In short: IA-64 has/had promise, but the Itanium doesn't really have a niche.
Performance relative to clock speed is very good, but really, who cares about performance relative to clock speed when you can look at performance or performance relative to price? Frankly, I don't care what clock speed a CPU runs at, I just want to see how it performs. To put it another way, an 800MHz Pentium III offers better performance : clock speed than a P4 3.4C, but which is better? (It's an extreme example, of course; I'm just pointing out that performance : clock speed isn't important when you just want to see performance.)
The Itanium does well in fp, yeah, but you still have price-performance (stupid

emoticon ruining my ratio sign!) to worry about. You could easily get a dual Opteron 250 for much less than a single Itanium 2 1.5GHz, and the dual Opteron 250 would outperform the Itanium 2 in any SMP-aware tasks (and like I said before, if you're paying that much for CPUs, you're going to be using an SMP-aware ap). Why bother paying more for nothing?
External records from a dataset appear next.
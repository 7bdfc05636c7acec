use gribi_words::{Wish, Words, WordsFault, read_words};
use std::alloc::Global;
use std::test::Fail;

fn words(alloc: Global, all: &[&str]) -> Result<Vec<String>, Fail> {
    let mut words = Vec::new(alloc);
    for word in all {
        words.push(String::from_str(alloc, word)?)?;
    }
    Ok(words)
}

// Whether these are the names, joined by commas.
fn are_names(found: &Words, wanted: &str) -> bool {
    let mut place: u16 = 0;
    for name in wanted.split(',') {
        if place >= found.count() || found.name(place) != name {
            return false;
        }
        place += 1;
    }
    place == found.count()
}

fn is_apply(wish: &Wish, names: &str) -> bool {
    match wish {
        Wish::Apply { instances } => are_names(instances, names),
        _ => false,
    }
}

fn is_serve(wish: &Wish, address: &str, names: &str, numbers: (u64, u32, u32)) -> bool {
    match wish {
        Wish::Serve {
            listen,
            connections,
            instances,
            workers,
            reactors,
        } => {
            listen.as_str() == address
                && are_names(instances, names)
                && (*connections, *workers, *reactors) == numbers
        }
        _ => false,
    }
}

fn apply(alloc: Global, all_words: &[&str], names: &str) -> Result<bool, Fail> {
    let words = words(alloc, all_words)?;
    Ok(match read_words(alloc, &words) {
        Ok(wish) => is_apply(&wish, names),
        Err(_) => false,
    })
}

fn serve(
    alloc: Global,
    all_words: &[&str],
    address: &str,
    names: &str,
    numbers: (u64, u32, u32),
) -> Result<bool, Fail> {
    let words = words(alloc, all_words)?;
    Ok(match read_words(alloc, &words) {
        Ok(wish) => is_serve(&wish, address, names, numbers),
        Err(_) => false,
    })
}

fn refused(alloc: Global, all_words: &[&str]) -> Result<bool, Fail> {
    let words = words(alloc, all_words)?;
    Ok(match read_words(alloc, &words) {
        Ok(_wish) => false,
        Err(fault) => fault == WordsFault::NotInGrammar,
    })
}

#[test]
fn words_are_read(rt: HostRuntime) -> Result<(), Fail> {
    let alloc = rt.alloc();
    assert!(rt; apply(alloc, &["apply"], "DEFAULT")?);
    assert!(rt;
        apply(
            alloc,
            &["apply", "--instances", "RED,DEFAULT"],
            "RED,DEFAULT"
        )?
    );
    assert!(rt; apply(alloc, &["apply", "--instances=a=b"], "a=b")?);
    let serves: [(&[&str], &str, &str, (u64, u32, u32)); 5] = [
        (
            &["serve", "--listen", "a"],
            "a",
            "DEFAULT",
            (1_000_000, 1, 1),
        ),
        (
            &["serve", "--listen=a=b"],
            "a=b",
            "DEFAULT",
            (1_000_000, 1, 1),
        ),
        (
            &[
                "serve",
                "--workers",
                "16",
                "--connections=1",
                "--listen",
                "[::1]:9339",
                "--reactors=2",
                "--instances",
                "A,B",
            ],
            "[::1]:9339",
            "A,B",
            (1, 16, 2),
        ),
        (
            &["serve", "--connections", "1000000", "--listen=a"],
            "a",
            "DEFAULT",
            (1_000_000, 1, 1),
        ),
        (
            &["serve", "--listen", "serve", "--connections=7"],
            "serve",
            "DEFAULT",
            (7, 1, 1),
        ),
    ];
    for (words, address, names, numbers) in serves {
        assert!(rt; serve(alloc, words, address, names, numbers)?, "{words:?}");
    }
    Ok(())
}

#[test]
fn other_words_are_refused(rt: HostRuntime) -> Result<(), Fail> {
    let cases: [&[&str]; 28] = [
        &[],
        &[""],
        &["apply", "now"],
        &["help"],
        &["--help"],
        &["-h"],
        &["appl"],
        &["apply", "--"],
        &["apply", "--instances"],
        &["apply", "--instances="],
        &["apply", "--instances", "-A"],
        &["apply", "--instances=-A"],
        &["apply", "--instances", ""],
        &["apply", "--instances", "A,A"],
        &["apply", "--instances", "A,"],
        &["apply", "--instance", "A"],
        &["apply", "--instances", "A", "--instances", "A"],
        &["apply", "--workers", "1"],
        &["serve"],
        &["serve", "--listen", "a", "b"],
        &["serve", "--listen", "--workers=1"],
        &["serve", "--listen=a", "--workers=0"],
        &["serve", "--listen=a", "--workers=17"],
        &["serve", "--listen=a", "--workers=01"],
        &["serve", "--listen=a", "--workers=+1"],
        &["serve", "--listen=a", "--connections=1000001"],
        &["serve", "--listen=a", "--connections=18446744073709551617"],
        &["serve", "--listen=a", "--target=b"],
    ];
    for words in cases {
        assert!(rt; refused(rt.alloc(), words)?, "{words:?}");
    }
    Ok(())
}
Performance is VERY dependent on the compiler for the Itanium, yeah. We've already gotten a series of compiler speed boosts, though... if we see anything more, I doubt it'll be any greater than what we'll see in the future for the Opteron.
You could say it's about performance, yes, but ignoring price is silly. If you want to ignore price, you could say there's no reason to buy anything other than the FX-55 for a gaming desktop, because everything else is slower in games. Truth is, not everyone would want to pay that much.. and in this thread's case, it's nice to get better performance at a lower price point (dual Opteron : single Itanium 2).
Take your pick: very large die, yield problems, lack of demand. I think it's a combination of the first and third, myself... which, unfortunately, means that demand alone wouldn't bring prices down.
Development of the first Itanium costed HP and Intel around $4 billion, I don't think
they even sold $4 billion worth of Itanium/Itanium2 processors in these 4 years.